Эльф кивнул, сбрасывая плащ. Шита не видела его с самого дня свадьбы и понятия не имела, какие дела привели Авиценну сюда. В любом случае, у нее нет ни сил, ни желания расспрашивать, рассказывать, действовать. Ничто в мире больше не имеет значения.
- Молчан уже знает? – тихо спросила керра, опускаясь на циновку.
- Знай он – уже был бы здесь, - возразил эльф. – Нет.
- Тогда что тебе нужно здесь?
- Мне – ничего. Это Я нужен…
…- словом, Ави связан с тобой и чувствовал, как умирала твоя дочь. Там, где отступили некроманты, за дело взялся мистик. Я не совсем понимаю, что именно он сделал, но Ави уговорил Туонелу вернуться. Ее матрица уже почти распалась – он подменил ее частью своей. Полагаю, заплатив за это немалую цену. И, поскольку эльфы духом куда как сильнее людей и керра, его матрица слегка изменила Туонелу. В каком-то смысле она и его дочь тоже. Помимо внешности, изменения затронули и разум, и чувства. Обострился слух, Туо видит в темноте, как днем, глазомер исключительный, она стала гораздо… гораздо…

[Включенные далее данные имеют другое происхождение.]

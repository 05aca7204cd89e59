// A decoded word as a line of text, and lists of such lines with stored answers.
//
// A line is 47 characters and a line feed, with a space between its columns:
//
//     00500513 OpImm   10 00 05 0 00 0000000000000005
//
// the word in hex from 0, the class from 9, rd, rs1 and rs2 in decimal from 17, 20 and 23, funct3
// at 26, funct7 in hex from 28 and the immediate in hex from 31. The module `rows` has the line of
// a ROM row.
#![tactic(auto)]

mod rows;

ghost use Rattle.std.specs.Prelude.{◌≡◌, ◌+◌, ◌^◌, ◌<◌, ◌≤◌, IfSome, length, slice_index};
ghost use Rattle.listing.specs.Lines.{name_of, word_line_of, hex_value, number_from, parsed_word, word_le, compare_of, judge_of};
ghost use Rattle.listing.specs.Steps.{put_fields, blank};

use decode::{Inst, Opcode};
use lines::{fill_decimal, fill_hex};
pub use rows::{Head, Sizes, compare_row, head_of, program_counts, row_line_of};

// Why a line with a stored answer is wrong: the place where it differs and the word of the line, or it
// is no listing line.
#[derive(Clone, Copy)]
pub enum Wrong {
    NoLine,
    Differs { at: usize, raw: u32 },
}

// The fields that the lines of a word and of a row have in common.
#[derive(Clone, Copy)]
struct Fields {
    raw: u32,
    rd: usize,
    rs1: usize,
    rs2: usize,
    funct3: u32,
    imm: u64,
}

// Puts them in at their columns.
fn put_fields(line: &mut [u8; 48], fields: Fields)
    ensures { line.new ≡ put_fields line.old fields }
{
    fill_hex(fields.raw as u64, &mut line[..8]);
    fill_decimal(fields.rd as u64, &mut line[17..19]);
    fill_decimal(fields.rs1 as u64, &mut line[20..22]);
    fill_decimal(fields.rs2 as u64, &mut line[23..25]);
    fill_decimal(fields.funct3 as u64, &mut line[26..27]);
    fill_hex(fields.imm, &mut line[31..47]);
}

// A line before its numbers are put in: a text of seven characters, and a mark at 28.
#[tactic(auto, using(crate::proofs::Laws::blank_made))]
fn blank(seven: &[u8; 7], mark: u8) -> [u8; 48]
    ensures { result ≡ blank seven.now mark }
{
    let mut line = [b' '; 48];
    line[9..16].copy_from_slice(seven);
    line[28] = mark;
    line[47] = b'\n';
    line
}

// The name of a class, in seven characters. Not by a derived `Debug`: no contract says what that prints.
#[tactic(auto, unfolding(crate::specs::Lines::name_of))]
fn name_of(op: Opcode) -> [u8; 7]
    ensures { result ≡ name_of op }
{
    match op {
        Opcode::Lui => *b"Lui    ",
        Opcode::Auipc => *b"Auipc  ",
        Opcode::Jal => *b"Jal    ",
        Opcode::Jalr => *b"Jalr   ",
        Opcode::Branch => *b"Branch ",
        Opcode::Load => *b"Load   ",
        Opcode::Store => *b"Store  ",
        Opcode::OpImm => *b"OpImm  ",
        Opcode::Op => *b"Op     ",
        Opcode::OpImm32 => *b"OpImm32",
        Opcode::Op32 => *b"Op32   ",
        Opcode::Fence => *b"Fence  ",
        Opcode::Ecall => *b"Ecall  ",
        Opcode::Ebreak => *b"Ebreak ",
        Opcode::Invalid => *b"Invalid",
    }
}

// The line of a word.
pub fn word_line_of(raw: u32) -> [u8; 48]
    ensures { result ≡ word_line_of raw }
{
    let Inst {
        opcode,
        rd,
        rs1,
        rs2,
        funct3,
        funct7,
        imm,
        raw,
    } = decode::decode(raw);
    let fields = Fields {
        raw,
        rd,
        rs1,
        rs2,
        funct3,
        imm,
    };
    let mut line = blank(&name_of(opcode), b' ');
    put_fields(&mut line, fields);
    fill_hex(funct7 as u64, &mut line[28..30]);
    line
}

// The value of a lower-case hexadecimal digit.
#[tactic(auto, unfolding(crate::specs::Lines::hex_value))]
pub fn hex_value(b: u8) -> Option<u32>
    ensures value { result ≡ hex_value b }
    ensures bound { IfSome result (λ d. d < 16) }
{
    match b {
        b'0'..=b'9' => Some(b as u32 - 48),
        b'a'..=b'f' => Some(b as u32 - 87),
        _ => None,
    }
}

// The number that some digits give.
fn number_of(digits: &[u8], base: u32) -> Option<u32>
    requires { (base ≤ 16) × (base ^ length digits.now ≤ 2 ^ 32) }
    ensures { result ≡ number_from base 0 digits.now }
{
    let mut number: u32 = 0;
    for c in digits {
        let digit = hex_value(*c)?;
        if base <= digit {
            return None;
        }
        number = number * base + digit;
    }
    Some(number)
}

// The word that a line begins with; a line has a line feed at its end.
fn parsed_word(line: &[u8; 48]) -> Option<u32>
    ensures { result ≡ parsed_word line.now }
{
    if line[47] != b'\n' {
        return None;
    }
    number_of(&line[..8], 16)
}

// The word of four bytes, the lowest first.
pub fn word_le(bytes: [u8; 4]) -> u32
    ensures { result ≡ word_le (slice_index bytes 0) (slice_index bytes 1) (slice_index bytes 2) (slice_index bytes 3) }
{
    u32::from_le_bytes(bytes)
}

// A stored line against a made one: how many characters are compared, or the first place that differs.
// A '.' that is stored stands for any character. It goes by the place, which is what it answers.
fn compare(stored: &[u8; 48], made: &[u8; 48]) -> Result<usize, usize>
    ensures { result ≡ compare_of stored.now made.now }
{
    let mut n = 0;
    for i in 0..48 {
        if stored[i] != b'.' {
            if stored[i] != made[i] {
                return Err(i);
            }
            n += 1;
        }
    }
    Ok(n)
}

// A stored line against the line of the word that it begins with.
pub fn judge(line: &[u8; 48]) -> Result<usize, Wrong>
    ensures { result ≡ judge_of line.now }
{
    let raw = parsed_word(line).ok_or(Wrong::NoLine)?;
    let made = word_line_of(raw);
    compare(line, &made).map_err(|at| Wrong::Differs { at, raw })
}
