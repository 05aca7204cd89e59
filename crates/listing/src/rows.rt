// The line of a ROM row, and the line in front of the rows of a program:
//
//     program: 0003 words, 0008 rows
//     002091b3 Shift 1 00 01 02 1 +1 0000000000000000
//
// A row line has the columns of a listing line but for two: from 9 the kind of the row, and from 28 a
// `+` and its distance from the first row of its instruction. A program line is padded with spaces.
ghost use Rattle.std.specs.Prelude.{◌≡◌};
ghost use Rattle.listing.specs.RowLines.{kind_name, row_line_of, head_of, program_counts};
ghost use Rattle.listing.specs.Lines.{compare_of};

use crate::{Fields, blank, compare, number_of, parsed_word, put_fields};
use expand::{RomRow, VirtualKind};
use lines::fill_decimal;

// What a row line says of its instruction: the word of it, where the row is its first. An enum of
// three, since an `Option` in an `Option` would name none of the cases.
#[derive(Clone, Copy)]
pub enum Head {
    First(u32),
    Later,
    NoLine,
}

// The counts of words and of rows that a program line gives.
#[derive(Clone, Copy)]
pub struct Sizes {
    pub words: u32,
    pub rows: u32,
}

// The name of a kind, in seven characters; that of a stage ends in its last decimal digit.
#[tactic(auto, unfolding(crate::specs::RowLines::kind_name))]
fn kind_name(kind: VirtualKind) -> [u8; 7]
    ensures { result ≡ kind_name kind }
{
    match kind {
        VirtualKind::Alu => *b"Alu    ",
        VirtualKind::ShiftStage { stage } => {
            let mut name = *b"Shift  ";
            fill_decimal(stage as u64, &mut name[6..]);
            name
        }
        VirtualKind::Load => *b"Load   ",
        VirtualKind::Store => *b"Store  ",
        VirtualKind::Branch => *b"Branch ",
        VirtualKind::Upper => *b"Upper  ",
        VirtualKind::Jump => *b"Jump   ",
        VirtualKind::System => *b"System ",
    }
}

// The line of a row word at a distance from the first row of its instruction.
pub fn row_line_of(word: u64, distance: usize) -> [u8; 48]
    ensures { result ≡ row_line_of word distance }
{
    let RomRow {
        kind,
        rd,
        rs1,
        rs2,
        funct3,
        imm,
        raw,
    } = expand::rom_row(word);
    let fields = Fields {
        raw,
        rd,
        rs1,
        rs2,
        funct3,
        imm,
    };
    let mut line = blank(&kind_name(kind), b'+');
    put_fields(&mut line, fields);
    fill_decimal(distance as u64, &mut line[29..30]);
    line
}

// A stored line against the line of a row word.
pub fn compare_row(line: &[u8; 48], word: u64, distance: usize) -> Result<usize, usize>
    ensures { result ≡ compare_of line.now (row_line_of word distance) }
{
    let made = row_line_of(word, distance);
    compare(line, &made)
}

// A row line has a word in front; the first row of an instruction has `+0`.
pub fn head_of(line: &[u8; 48]) -> Head
    ensures { result ≡ head_of line.now }
{
    match parsed_word(line) {
        Some(raw) if line[28] == b'+' && line[29] == b'0' => Head::First(raw),
        Some(_) => Head::Later,
        None => Head::NoLine,
    }
}

// A program line has these characters, and a decimal digit for each dot.
pub fn program_counts(line: &[u8; 48]) -> Option<Sizes>
    ensures { result ≡ program_counts line.now }
{
    let shape = b"program: .... words, .... rows                 \n";
    compare(shape, line).ok()?;
    let words = number_of(&line[9..13], 10)?;
    let rows = number_of(&line[21..25], 10)?;
    Some(Sizes { words, rows })
}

Шита запнулась, не в силах подобрать точное определение.
- Светлее, - произнес Молчан у нее над ухом. – Он ничего не говорил мне. Опасался, что мы опять станем выяснять отношения с тобой, и все пойдет насмарку. Это мы толкнули Туонелу в Шрам. Мы и только мы вложили в ее руки нож. Эгоизм завел нас с тобой слишком далеко, собственная дочь учит прощать. Шита, хватит с меня.
Керра круто обернулась – и едва не уткнулась носом в полированный нагрудник. О, как давно заготовлена у нее для варвара язвительная отповедь, как тщательно подобраны слова, готовые ранить до глубины души! Наконец-то она скажет все, все, что обдумывала долгими ночами, когда засыпал Моури!

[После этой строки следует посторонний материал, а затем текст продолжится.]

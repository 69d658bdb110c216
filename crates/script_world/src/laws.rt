//! Laws of the world. Each function does nothing, and its contract is the law.
ghost use Rattle.std.specs.Prelude.{◌≡◌, ◌≤◌, ℕ, List};
ghost use Rattle.wire_frames.specs.Typed.{IsTyped};
ghost use Rattle.theory_history.specs.Histories.{History, IsClosed, IsLawful};
ghost use Rattle.theory_history.specs.Views.{View};
ghost use Rattle.script_world.specs.declared.event.Event.{Event};
ghost use Rattle.script_world.specs.declared.event.EventReply.{EventReply};
ghost use Rattle.script_world.specs.Headline.{Agree, Converges, NoSplit, StatusesRise, TookTheSame};
ghost use Rattle.script_world.specs.Restarts.{ComesBack, whole_of};
ghost use Rattle.script_world.specs.Worlds.{IsViewOf, IsWorld, Runs, State, Steps, start};

/// The invariant of all states: the first state satisfies it, and each step preserves it.
pub fn every_state_is_a_world()
    ensures first { (nodes : ℕ) → 1 ≤ nodes → IsWorld (start nodes) }
    ensures step { (s t : State) (event : Event) (reply : EventReply) →
        IsWorld s → Steps s event reply t → IsWorld t }
    ensures run { (s t : State) (events : List Event) (replies : List EventReply) →
        IsWorld s → Runs s events replies t → IsWorld t }
{}

/// Two nodes that took the same facts agree.
pub fn nodes_with_the_same_facts_agree()
    ensures { (s : State) (one other : ℕ) →
        IsWorld s → TookTheSame s one other → Agree s one other }
{}

/// No verdict is split, whatever happens between two states. If an LRA is Closing at a node in one
/// state, or has closed there, it is not Cancelling at any node in the other state, and was not
/// cancelled there, unless an LRA above it was cancelled. So no root is Closing here and Cancelling
/// there.
pub fn no_verdict_is_split()
    ensures { (s t : State) (events : List Event) (replies : List EventReply) →
        IsWorld s → Runs s events replies t → NoSplit s t }
{}

/// Whatever happens between two states, no LRA's status falls at any node.
pub fn statuses_rise()
    ensures { (s t : State) (events : List Event) (replies : List EventReply) →
        IsWorld s → Runs s events replies t → StatusesRise s t }
{}

/// The headline: whatever events happen, the state after them is one of a world, nodes that took
/// the same facts agree, no verdict is split, and statuses rise.
pub fn the_world_converges()
    ensures { (s t : State) (events : List Event) (replies : List EventReply) →
        IsWorld s → Runs s events replies t → Converges s t }
{}

/// An event has only one reply and leads to only one state, so the definition of a step is not too
/// wide.
pub fn a_step_is_determined()
    ensures reply { (s t u : State) (event : Event) (reply other : EventReply) →
        Steps s event reply t → Steps s event other u → reply ≡ other }
    ensures state { (s t u : State) (event : Event) (reply other : EventReply) →
        Steps s event reply t → Steps s event other u → t ≡ u }
{}

/// The frame since nothing of what a node holds is read from its encoding as the same frame again,
/// if it has the types of a delta. The view of no facts that takes this frame becomes the node's
/// view, and no other. So a restart from these bytes brings back everything and nothing else.
pub fn a_frame_since_nothing_brings_all_back()
    ensures { (h : History) (v : List ℕ) (view : View) →
        IsLawful h → IsClosed h v → IsViewOf h v view → IsTyped (whole_of view) → ComesBack view }
{}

Молчан не дал ей и рта раскрыть.
Не отрываясь от Шиты, варвар смел со стола пачку счетов, бронзовые щипчики, шкатулку, перья, чернильницу – халасианский ковер был испорчен безнадежно, - вскрытые письма, подставку с ножом для бумаг. Полированная столешница приятно холодила спину, керра тайком, пока Молчан был занят ее платьем, выудила из-под себя незамеченную им подушечку для иголок, тихо ругнулась по-керрански, сбросила ее в компанию к рассыпавшемуся синим полумесяцем порошку – и забыла, где находится…

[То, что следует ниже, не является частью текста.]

impl World {
    /// Makes a world of 1 to 8 nodes without facts. Any other number of nodes is E1.
    pub fn new(alloc: Global, nodes: usize) -> Result<World, Refusal>
        ensures start { IfOk result (λ world. IsWorldOf (start nodes) world) }
        ensures refused { result ≡ Err BadText ↔ ((nodes < 1) ⊎ (MAX_NODES < nodes)) }
        ensures cause { IfErr result (λ refusal. (refusal ≡ BadText) ⊎ (refusal ≡ NoMemory)) }
    {
        if nodes < 1 || nodes > MAX_NODES as usize {
            return Err(Refusal::BadText);
        }
        match empty_replicas(alloc, nodes) {
            Ok(replicas) => Ok(World {
                replicas,
                frames: Vec::new(alloc),
            }),
            Err(_) => Err(Refusal::NoMemory),
        }
    }

    /// Returns the number of nodes.
    pub fn nodes(&self) -> usize
        ensures { result ≡ length self.now.replicas }
    {
        self.replicas.len()
    }

    /// Returns the number of bytes of a frame, or `None` if no frame with this number was sent.
    pub fn frame_len(&self, frame: usize) -> Option<usize>
        ensures { result ≡
            (if frame == 0 then None else option_map length (slice_get self.now.sent (frame - 1))) }
    {
        if frame == 0 {
            return None;
        }
        let bytes = self.frames.get(frame - 1)?;
        Some(bytes.len())
    }

    /// Returns what a node holds.
    pub fn replica(&self, node: NodeId) -> &Replica
        requires { node ≤ length self.now.replicas }
        ensures view { (s : State) →
            IsWorldOf s self.now → IsViewOf s.history (front_of s node) (view_of result.now) }
        ensures nodes { length result.now.front ≡ length self.now.replicas }
    {
        let place = usize::from(node.number()) - 1;
        &self.replicas[place]
    }

    /// Returns what a node shows of an LRA. E2 if the node's front doesn't count the id, E3 if it
    /// does and the LRA is not held.
    pub fn status(&self, node: NodeId, id: LraId) -> Result<LraStatus, Refusal>
        requires { node ≤ length self.now.replicas }
        ensures { (s : State) → IsWorldOf s self.now → result ≡ shown_at s node id }
    {
        node.is_a_node();
        self.replica(node).status(id)
    }

    /// Returns what a node shows of a participant of an LRA. Errors as for `status`, and E5 if the
    /// LRA has no such participant.
    pub fn member(&self, node: NodeId, id: LraId, member: u8) -> Result<MemberStatus, Refusal>
        requires { node ≤ length self.now.replicas }
        ensures { (s : State) → IsWorldOf s self.now → result ≡ member_at s node id member }
    {
        node.is_a_node();
        self.replica(node).member(id, member)
    }

    fn has(&self, node: NodeId) -> bool
        ensures value { result ≡ nat_le node (length self.now.replicas) }
        ensures some { 1 ≤ node }
    {
        usize::from(node.number()) <= self.replicas.len()
    }

    fn was_sent(&self, frame: usize) -> bool
        ensures { IsTrue result ↔ ((1 ≤ frame) × (frame ≤ length self.now.sent)) }
    {
        1 <= frame && frame <= self.frames.len()
    }

    fn act_at(
        &mut self,
        alloc: Global,
        node: NodeId,
        command: Command,
    ) -> Result<CommandReply, AllocError>
        requires { node ≤ length self.old.replicas }
        ensures acted { IfOk result
            (λ reply. IsChanged self.old self.new node (λ was now. (S : List Fact) → IsSettled S →
            StandsFor S (view_of was) → IsActed S (view_of was) node command reply (view_of now))) }
        ensures err { OnErr result (IsChanged self.old self.new node
            (λ was now. view_of now ≡ view_of was)) }
    {
        let place = usize::from(node.number()) - 1;
        act(alloc, &mut self.replicas[place], node, command)
    }

    /// Restarts a node, which exists.
    fn restart_at(&mut self, alloc: Global, node: NodeId) -> Result<EventReply, AllocError>
        requires { node ≤ length self.old.replicas }
        ensures same { IfOk result
            (λ reply. IsChanged self.old self.new node (λ was now. (h : History) (v : List ℕ) →
            IsLawful h → IsClosed h v → StandsFor (facts h v) (view_of was) →
            was.front ≡ v → (reply ≡ Restarted) × (view_of now ≡ view_of was))) }
        ensures err { OnErr result (IsChanged self.old self.new node
            (λ was now. view_of now ≡ view_of was)) }
    {
        let place = usize::from(node.number()) - 1;
        restart(alloc, &mut self.replicas[place])
    }

    /// Delivers the first bytes, this many, of a frame that was sent to a node that exists.
    fn deliver_at(
        &mut self,
        alloc: Global,
        frame: usize,
        node: NodeId,
        kept: usize,
    ) -> Result<EventReply, AllocError>
        requires node { node ≤ length self.old.replicas }
        requires frame { frame < length self.old.sent }
        ensures taken { IfOk result (λ reply. IsChanged self.old self.new node
            (λ was now. (bytes : List ℕ) → slice_get self.old.sent frame ≡ Some bytes →
            TakesBytes (view_of was) bytes kept reply (view_of now))) }
        ensures err { OnErr result (IsChanged self.old self.new node
            (λ was now. view_of now ≡ view_of was)) }
    {
        let place = usize::from(node.number()) - 1;
        take_bytes(alloc, &mut self.replicas[place], &self.frames[frame], kept)
    }

    fn overdue(&self, node: NodeId, now: u64) -> Option<LraId>
        requires { node ≤ length self.now.replicas }
        ensures { (s : State) →
            IsWorldOf s self.now → IsLeastOverdue (set_of s node) node now result }
    {
        let place = usize::from(node.number()) - 1;
        self.replicas[place].expire(node, now)
    }

    fn act(
        &mut self,
        alloc: Global,
        node: NodeId,
        command: Command,
    ) -> Result<EventReply, AllocError>
        ensures step { (s : State) → IsWorldOf s self.old →
            IfOk result (λ reply. Happens s (Act node command) reply self.new) }
        ensures err { (s : State) → IsWorldOf s self.old → OnErr result (IsWorldOf s self.new) }
    {
        if !self.has(node) {
            return Ok(EventReply::Refused(Refusal::BadText));
        }
        let reply = self.act_at(alloc, node, command)?;
        Ok(EventReply::Answered(reply))
    }

    /// Delivers a frame, or its first bytes, this many, to a node.
    fn deliver(
        &mut self,
        alloc: Global,
        frame: usize,
        node: NodeId,
        kept: usize,
    ) -> Result<EventReply, AllocError>
        ensures step { (s : State) → IsWorldOf s self.old →
            IfOk result (λ reply. Happens s (Deliver frame node kept) reply self.new) }
        ensures err { (s : State) → IsWorldOf s self.old → OnErr result (IsWorldOf s self.new) }
    {
        if !self.has(node) || !self.was_sent(frame) {
            return Ok(EventReply::Refused(Refusal::BadText));
        }
        self.deliver_at(alloc, frame - 1, node, kept)
    }

    /// Restarts a node.
    fn restart(&mut self, alloc: Global, node: NodeId) -> Result<EventReply, AllocError>
        ensures step { (s : State) →
            IsWorldOf s self.old → IfOk result (λ reply. Happens s (Restart node) reply self.new) }
        ensures err { (s : State) → IsWorldOf s self.old → OnErr result (IsWorldOf s self.new) }
    {
        if !self.has(node) {
            return Ok(EventReply::Refused(Refusal::BadText));
        }
        self.restart_at(alloc, node)
    }

    /// Lets one event happen. If memory runs out, the world is left as it was.
    pub fn step(&mut self, alloc: Global, event: Event) -> Result<EventReply, AllocError>
        ensures step { (s : State) →
            IsWorldOf s self.old → IfOk result (λ reply. Happens s event reply self.new) }
        // The headline holds from any state that led here.
        ensures headline { (first s : State) → Leads first s → IsWorldOf s self.old →
            IfOk result (λ reply. StepsTo first s event reply self.new) }
        ensures err { (s : State) → IsWorldOf s self.old → OnErr result (IsWorldOf s self.new) }
    {
        self.happen(alloc, event)
    }

    /// Does what `step` does, without the headline, so that this is shown once.
    fn happen(&mut self, alloc: Global, event: Event) -> Result<EventReply, AllocError>
        ensures step { (s : State) →
            IsWorldOf s self.old → IfOk result (λ reply. Happens s event reply self.new) }
        ensures err { (s : State) → IsWorldOf s self.old → OnErr result (IsWorldOf s self.new) }
    {
        match event {
            Event::Act { node, command } => self.act(alloc, node, command),
            Event::Send {
                node,
                base,
                version,
            } => self.send(alloc, node, base, version),
            Event::Deliver { frame, node, kept } => self.deliver(alloc, frame, node, kept),
            Event::Restart { node } => self.restart(alloc, node),
            Event::Tick { node, now } => self.tick(alloc, node, now),
        }
    }

    /// Lets many events happen, one after another. If memory runs out, the run stops at an event
    /// that has not happened, and the error has the replies to the events before it. Each event is
    /// copied, since `step` takes ownership of a command's links.
    pub fn run(&mut self, alloc: Global, events: &[Event]) -> Result<Vec<EventReply>, Stopped>
        ensures headline { (s : State) → IsWorldOf s self.old →
            IfOk result (λ replies. LeadsTo s events.now replies.items self.new) }
        ensures err { (s : State) → IsWorldOf s self.old →
            IfErr result (λ stopped. StopsIn s events.now stopped.replies.items self.new) }
    {
        let mut replies = Vec::new(alloc);
        for event in events {
            let Ok(()) = self.step_on(alloc, event, &mut replies) else {
                return Err(Stopped { replies });
            };
        }
        Ok(replies)
    }

    /// Lets one event happen, and puts its reply at the end, in room that was made before. If
    /// memory runs out, nothing is put, and the event has not happened.
    fn step_on(
        &mut self,
        alloc: Global,
        event: &Event,
        replies: &mut Vec<EventReply>,
    ) -> Result<(), AllocError>
        ensures ok { (s : State) → IsWorldOf s self.old →
            OnOk result ((reply : Replies) × Happens s event.now reply self.new
            × (replies.new.items ≡ replies.old.items ++ reply ∷ [])) }
        ensures err { (s : State) → IsWorldOf s self.old →
            OnErr result (IsWorldOf s self.new × (replies.new.items ≡ replies.old.items)) }
    {
        // Without a value of this type here the toolchain's borrow checker can't build its plan for
        // a `EventReply`.
        let _ = CommandReply::Refused(Refusal::NoMemory);
        let event = event.clone()?;
        replies.reserve(1)?;
        keep(replies, self.step(alloc, event))
    }

    fn tick(&mut self, alloc: Global, node: NodeId, now: u64) -> Result<EventReply, AllocError>
        ensures step { (s : State) →
            IsWorldOf s self.old → IfOk result (λ reply. Happens s (Tick node now) reply self.new) }
        ensures err { (s : State) → IsWorldOf s self.old → OnErr result (IsWorldOf s self.new) }
    {
        if !self.has(node) {
            return Ok(EventReply::Refused(Refusal::BadText));
        }
        match self.overdue(node, now) {
            Some(id) => self.expire(alloc, node, id),
            None => Ok(EventReply::Quiet),
        }
    }

    fn expire(&mut self, alloc: Global, node: NodeId, id: LraId) -> Result<EventReply, AllocError>
        requires { node ≤ length self.old.replicas }
        ensures step { (s : State) →
            IsWorldOf s self.old → IfOk result (λ reply. IsExpired s node id reply self.new) }
        ensures err { (s : State) → IsWorldOf s self.old → OnErr result (IsWorldOf s self.new) }
    {
        let verdict = Verdict::Cancel;
        node.is_a_node();
        let reply = self.act_at(alloc, node, Command::Decide { id, verdict })?;
        Ok(reply_of_expiry(id, reply))
    }

    /// Lets a node send what it has since a base, in this version of frames.
    fn send(
        &mut self,
        alloc: Global,
        node: NodeId,
        base: Front,
        version: Version,
    ) -> Result<EventReply, AllocError>
        ensures step { (s : State) → IsWorldOf s self.old →
            IfOk result (λ reply. Happens s (Send node base version) reply self.new) }
        ensures err { (s : State) → IsWorldOf s self.old → OnErr result (IsWorldOf s self.new) }
    {
        if !self.has(node) || base.nodes() != self.replicas.len() {
            return Ok(EventReply::Refused(Refusal::BadText));
        }
        match self.frame_since(alloc, node, &base, version) {
            Ok(bytes) => self.post(bytes),
            Err(refusal) => {
                if refusal == Refusal::NoMemory {
                    return Err(AllocError);
                }
                Ok(EventReply::Refused(refusal))
            }
        }
    }

    /// Returns the bytes of a node's frame since a base.
    fn frame_since(
        &self,
        alloc: Global,
        node: NodeId,
        base: &Front,
        version: Version,
    ) -> Result<Vec<u8>, Refusal>
        requires node { node ≤ length self.now.replicas }
        requires base { length base.now ≡ length self.now.replicas }
        ensures sent { (s : State) → IsWorldOf s self.now →
            IfOk result (λ bytes. IsBelow base.now (front_of s node)
            × (NeedsLater s node base.now version → ⊥) × IsEncoded s.history
            (record { version = version; base = base.now; front = front_of s node }) bytes.items) }
        ensures refused { (s : State) →
            IsWorldOf s self.now → IfErr result (λ refusal. (refusal ≡ NoMemory)
            ⊎ (((refusal ≡ Gap (front_of s node)) × (IsBelow base.now (front_of s node) → ⊥))
            ⊎ ((refusal ≡ NeedsVersion2) × IsBelow base.now (front_of s node)
            × NeedsLater s node base.now version))) }
    {
        let place = usize::from(node.number()) - 1;
        bytes_since(alloc, &self.replicas[place], base, version)
    }

    /// Keeps the bytes of a frame that is sent.
    fn post(&mut self, bytes: Vec<u8>) -> Result<EventReply, AllocError>
        ensures posted { IfOk result (λ reply. (reply ≡ Sent (length self.old.sent + 1)) × (self.new
            ≡ record { replicas = self.old.replicas; sent = self.old.sent ++ bytes.items ∷ [] })) }
        ensures err { OnErr result (self.new ≡ self.old) }
    {
        self.frames.push(bytes)?;
        Ok(EventReply::Sent(self.frames.len()))
    }
}
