//! All nodes as one machine: what they hold, and the frames that were sent.
#![tactic(auto)]

mod event;
pub mod laws;
mod node;
mod world;

pub use event::{Event, EventReply, Stopped};
pub use world::World;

Вишена поднимался по лестнице, на ходу вытирая с усов крошки чаровничного пирога – Туонела сунула кусочек и умчалась, невозможно счастливая. Немезида строго-настрого наказала ему передать Шите солидную пачку корреспонденции, о которой он, взволнованный встречей, разумеется, забыл. Однако напротив двери кабинета стоял Моури, внимательно изучающий картинку на стене. Страж очень редко появлялся во Фрипорте, последний раз Вишена видел его, когда забирал изготовленную керра походную аптечку.
- Э, Шита у себя?
- У себя, но, полагаю, не в себе, - задумчиво ответил Моури, поворачиваясь на пятках. – Пошли вниз, я покажу твою комнату.
- Мне нужно…
- На твоем месте я бы на пару часиков вообще забыл о ее существовании. Нет, можешь заглянуть, но кабинет полон чрезвычайно тяжелых мелочей, которые Шита метает с исключительной точностью.
До Вишены начало медленно доходить. Моури улыбался, покачиваясь с носка на пятку, заложив руки за спину. Варвар пожал плечами, густо покраснел и кивнул.
- Как обстоят дела во Фрипорте, Виш?
- Как обычно. Стража делает вид, что сторожит, Владыка владеет, оракулы орут.
- Гильдия?
- Процветает. Генка вернулся с своего края света и первое, что сделал – обрушил черный рынок, выбросив огромную партию контрабанды, полагаю, не без участия Лиандры и Эллара. Брокеры вешаются на потолочных балках. Цены на жилье взлетели до небес, - перечислял Вишена, - королева Кристанос готовит указ против инородцев в Нериаке. В порту ходят слухи об иксарских кораблях, буканьеры начали вербовку по второму кругу. Сильно упал в цене металл, зато резко подорожали камни и суглинки, особенно те, что добывались под носом руяркийцев.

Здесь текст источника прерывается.